::: Exercise data

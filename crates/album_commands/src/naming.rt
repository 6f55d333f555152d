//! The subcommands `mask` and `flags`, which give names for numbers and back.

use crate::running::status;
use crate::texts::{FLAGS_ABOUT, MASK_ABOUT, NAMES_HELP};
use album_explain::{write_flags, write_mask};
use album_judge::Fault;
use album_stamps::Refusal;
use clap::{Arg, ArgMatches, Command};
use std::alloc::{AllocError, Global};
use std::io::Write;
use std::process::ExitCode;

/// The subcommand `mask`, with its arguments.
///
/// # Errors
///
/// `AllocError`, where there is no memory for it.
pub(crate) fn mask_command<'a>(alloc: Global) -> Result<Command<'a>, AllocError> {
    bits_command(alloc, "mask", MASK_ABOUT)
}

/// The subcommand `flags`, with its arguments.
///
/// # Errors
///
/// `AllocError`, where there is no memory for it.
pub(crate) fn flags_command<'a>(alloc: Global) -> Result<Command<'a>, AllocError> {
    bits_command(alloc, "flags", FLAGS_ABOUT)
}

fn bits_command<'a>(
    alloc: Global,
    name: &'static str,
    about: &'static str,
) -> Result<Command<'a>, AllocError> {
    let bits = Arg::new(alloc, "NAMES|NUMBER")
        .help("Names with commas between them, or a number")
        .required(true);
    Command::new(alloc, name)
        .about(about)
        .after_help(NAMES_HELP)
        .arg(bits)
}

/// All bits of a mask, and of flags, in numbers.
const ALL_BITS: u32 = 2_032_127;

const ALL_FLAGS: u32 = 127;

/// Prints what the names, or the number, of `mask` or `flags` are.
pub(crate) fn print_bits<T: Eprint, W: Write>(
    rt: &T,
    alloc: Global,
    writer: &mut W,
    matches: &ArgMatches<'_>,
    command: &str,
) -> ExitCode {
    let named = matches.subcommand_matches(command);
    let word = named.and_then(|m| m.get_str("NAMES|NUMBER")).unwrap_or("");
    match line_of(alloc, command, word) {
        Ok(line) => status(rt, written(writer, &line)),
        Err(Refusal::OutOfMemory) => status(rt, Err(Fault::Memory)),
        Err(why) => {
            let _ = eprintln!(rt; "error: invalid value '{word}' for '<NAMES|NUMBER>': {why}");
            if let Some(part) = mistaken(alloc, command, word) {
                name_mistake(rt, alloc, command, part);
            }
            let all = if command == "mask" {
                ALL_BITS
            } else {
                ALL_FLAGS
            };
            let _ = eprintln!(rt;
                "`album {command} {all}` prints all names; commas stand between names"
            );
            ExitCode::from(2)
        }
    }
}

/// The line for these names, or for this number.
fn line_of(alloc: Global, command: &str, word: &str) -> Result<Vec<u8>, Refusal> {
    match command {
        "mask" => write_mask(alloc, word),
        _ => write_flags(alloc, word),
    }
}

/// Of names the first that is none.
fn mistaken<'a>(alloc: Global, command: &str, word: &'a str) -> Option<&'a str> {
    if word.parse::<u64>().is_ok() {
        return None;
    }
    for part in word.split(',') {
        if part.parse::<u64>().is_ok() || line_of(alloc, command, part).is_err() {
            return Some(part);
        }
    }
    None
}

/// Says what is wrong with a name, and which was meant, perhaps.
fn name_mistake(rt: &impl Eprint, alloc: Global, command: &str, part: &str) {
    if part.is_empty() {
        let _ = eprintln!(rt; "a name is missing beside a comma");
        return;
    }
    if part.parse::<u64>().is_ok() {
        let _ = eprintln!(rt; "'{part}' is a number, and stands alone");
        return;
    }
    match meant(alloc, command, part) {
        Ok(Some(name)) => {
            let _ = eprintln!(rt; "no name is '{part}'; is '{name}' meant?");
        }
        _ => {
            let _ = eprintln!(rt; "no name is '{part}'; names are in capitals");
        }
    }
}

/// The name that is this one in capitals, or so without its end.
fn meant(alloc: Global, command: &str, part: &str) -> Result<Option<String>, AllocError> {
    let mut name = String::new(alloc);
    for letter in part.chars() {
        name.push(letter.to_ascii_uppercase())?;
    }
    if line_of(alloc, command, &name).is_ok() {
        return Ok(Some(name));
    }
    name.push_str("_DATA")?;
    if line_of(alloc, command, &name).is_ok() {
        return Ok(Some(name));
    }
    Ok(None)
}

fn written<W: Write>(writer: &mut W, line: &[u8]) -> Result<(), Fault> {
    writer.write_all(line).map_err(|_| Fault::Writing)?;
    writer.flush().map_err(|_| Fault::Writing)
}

::::::
::: Exercise data

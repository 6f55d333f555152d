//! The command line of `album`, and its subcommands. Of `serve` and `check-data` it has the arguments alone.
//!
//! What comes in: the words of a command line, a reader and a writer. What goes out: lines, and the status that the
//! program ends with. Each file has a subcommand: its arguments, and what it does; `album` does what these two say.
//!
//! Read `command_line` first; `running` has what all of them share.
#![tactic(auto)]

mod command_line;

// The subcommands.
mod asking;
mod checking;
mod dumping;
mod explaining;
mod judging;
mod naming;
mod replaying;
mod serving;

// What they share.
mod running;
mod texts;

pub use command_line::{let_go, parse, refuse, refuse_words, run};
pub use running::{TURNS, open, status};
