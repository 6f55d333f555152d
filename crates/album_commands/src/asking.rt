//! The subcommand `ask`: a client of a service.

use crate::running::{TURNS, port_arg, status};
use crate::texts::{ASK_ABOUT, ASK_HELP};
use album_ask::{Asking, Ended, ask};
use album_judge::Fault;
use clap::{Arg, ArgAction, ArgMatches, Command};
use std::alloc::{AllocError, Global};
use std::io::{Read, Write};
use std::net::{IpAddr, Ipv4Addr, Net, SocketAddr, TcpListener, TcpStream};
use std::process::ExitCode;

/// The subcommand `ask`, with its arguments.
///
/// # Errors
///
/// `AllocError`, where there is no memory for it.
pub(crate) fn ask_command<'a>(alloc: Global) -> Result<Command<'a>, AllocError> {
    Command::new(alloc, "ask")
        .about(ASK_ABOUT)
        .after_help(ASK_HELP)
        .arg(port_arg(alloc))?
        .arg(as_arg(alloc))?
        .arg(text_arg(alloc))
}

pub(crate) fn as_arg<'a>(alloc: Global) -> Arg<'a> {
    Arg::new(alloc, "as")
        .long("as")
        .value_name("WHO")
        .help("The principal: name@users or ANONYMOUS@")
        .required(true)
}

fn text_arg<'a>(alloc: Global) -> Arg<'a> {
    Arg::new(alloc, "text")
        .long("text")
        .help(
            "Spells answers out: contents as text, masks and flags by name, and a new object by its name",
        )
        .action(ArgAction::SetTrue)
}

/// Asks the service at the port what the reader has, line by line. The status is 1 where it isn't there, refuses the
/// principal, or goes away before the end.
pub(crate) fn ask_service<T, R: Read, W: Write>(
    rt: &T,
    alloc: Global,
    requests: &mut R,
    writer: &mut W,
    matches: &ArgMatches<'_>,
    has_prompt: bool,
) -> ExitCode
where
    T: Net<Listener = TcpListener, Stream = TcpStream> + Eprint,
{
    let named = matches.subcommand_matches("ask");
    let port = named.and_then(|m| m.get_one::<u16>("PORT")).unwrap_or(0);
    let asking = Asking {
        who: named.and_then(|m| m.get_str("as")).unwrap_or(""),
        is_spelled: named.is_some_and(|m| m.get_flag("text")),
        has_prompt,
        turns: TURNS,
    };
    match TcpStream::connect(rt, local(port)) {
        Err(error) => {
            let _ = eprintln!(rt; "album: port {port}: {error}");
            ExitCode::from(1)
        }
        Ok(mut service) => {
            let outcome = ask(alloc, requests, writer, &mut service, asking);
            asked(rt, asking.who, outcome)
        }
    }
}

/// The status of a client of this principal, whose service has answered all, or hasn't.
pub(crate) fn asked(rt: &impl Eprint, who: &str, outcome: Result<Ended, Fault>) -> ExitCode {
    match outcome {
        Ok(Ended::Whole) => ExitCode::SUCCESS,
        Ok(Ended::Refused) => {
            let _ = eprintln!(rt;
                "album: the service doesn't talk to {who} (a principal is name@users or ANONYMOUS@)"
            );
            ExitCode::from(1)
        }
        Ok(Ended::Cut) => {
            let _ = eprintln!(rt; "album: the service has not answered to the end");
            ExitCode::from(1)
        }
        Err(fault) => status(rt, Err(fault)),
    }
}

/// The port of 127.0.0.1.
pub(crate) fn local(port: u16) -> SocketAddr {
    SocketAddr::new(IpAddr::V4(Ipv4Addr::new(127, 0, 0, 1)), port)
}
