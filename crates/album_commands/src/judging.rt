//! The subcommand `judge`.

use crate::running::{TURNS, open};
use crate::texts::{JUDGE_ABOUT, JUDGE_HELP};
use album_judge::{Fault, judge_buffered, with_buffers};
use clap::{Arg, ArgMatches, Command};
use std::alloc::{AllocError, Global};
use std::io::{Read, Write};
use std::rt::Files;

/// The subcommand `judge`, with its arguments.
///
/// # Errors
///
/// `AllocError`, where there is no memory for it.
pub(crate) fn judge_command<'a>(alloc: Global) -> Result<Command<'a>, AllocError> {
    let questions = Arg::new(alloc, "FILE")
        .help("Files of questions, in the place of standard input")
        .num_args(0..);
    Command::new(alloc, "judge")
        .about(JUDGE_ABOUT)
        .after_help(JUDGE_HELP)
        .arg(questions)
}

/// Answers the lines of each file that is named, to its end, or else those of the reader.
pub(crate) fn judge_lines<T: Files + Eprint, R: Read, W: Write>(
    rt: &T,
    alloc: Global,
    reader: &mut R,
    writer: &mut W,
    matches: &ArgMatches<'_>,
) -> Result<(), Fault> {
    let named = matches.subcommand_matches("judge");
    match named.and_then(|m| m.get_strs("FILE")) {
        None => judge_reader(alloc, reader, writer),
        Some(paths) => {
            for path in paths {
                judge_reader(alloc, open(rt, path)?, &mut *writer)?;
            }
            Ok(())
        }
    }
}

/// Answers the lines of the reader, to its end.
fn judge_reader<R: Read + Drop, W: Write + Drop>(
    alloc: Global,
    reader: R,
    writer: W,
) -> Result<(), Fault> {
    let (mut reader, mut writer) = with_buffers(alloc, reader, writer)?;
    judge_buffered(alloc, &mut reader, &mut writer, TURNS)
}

::::::

Among the records above, only the lines between the line holding "mod explaining;" and the line holding "principal: name@users or", inclusive, are to be output, exactly as written.

Exercise solution:
mod explaining;
mod judging;
mod naming;
mod replaying;
mod serving;

// What they share.
mod running;
mod texts;

pub use command_line::{let_go, parse, refuse, refuse_words, run};
pub use running::{TURNS, open, status};
repository 6f55d333f555152d
filename crates/album_commands/src/asking.rt
//! The subcommand `ask`: a client of a service.

use crate::running::{TURNS, port_arg, status};
use crate::texts::{ASK_ABOUT, ASK_HELP};
use album_ask::{Asking, Ended, ask};
use album_judge::Fault;
use clap::{Arg, ArgAction, ArgMatches, Command};
use std::alloc::{AllocError, Global};
use std::io::{Read, Write};
use std::net::{IpAddr, Ipv4Addr, Net, SocketAddr, TcpListener, TcpStream};
use std::process::ExitCode;

/// The subcommand `ask`, with its arguments.
///
/// # Errors
///
/// `AllocError`, where there is no memory for it.
pub(crate) fn ask_command<'a>(alloc: Global) -> Result<Command<'a>, AllocError> {
    Command::new(alloc, "ask")
        .about(ASK_ABOUT)
        .after_help(ASK_HELP)
        .arg(port_arg(alloc))?
        .arg(as_arg(alloc))?
        .arg(text_arg(alloc))
}

pub(crate) fn as_arg<'a>(alloc: Global) -> Arg<'a> {
    Arg::new(alloc, "as")
        .long("as")
        .value_name("WHO")
        .help("The principal: name@users or ANONYMOUS@")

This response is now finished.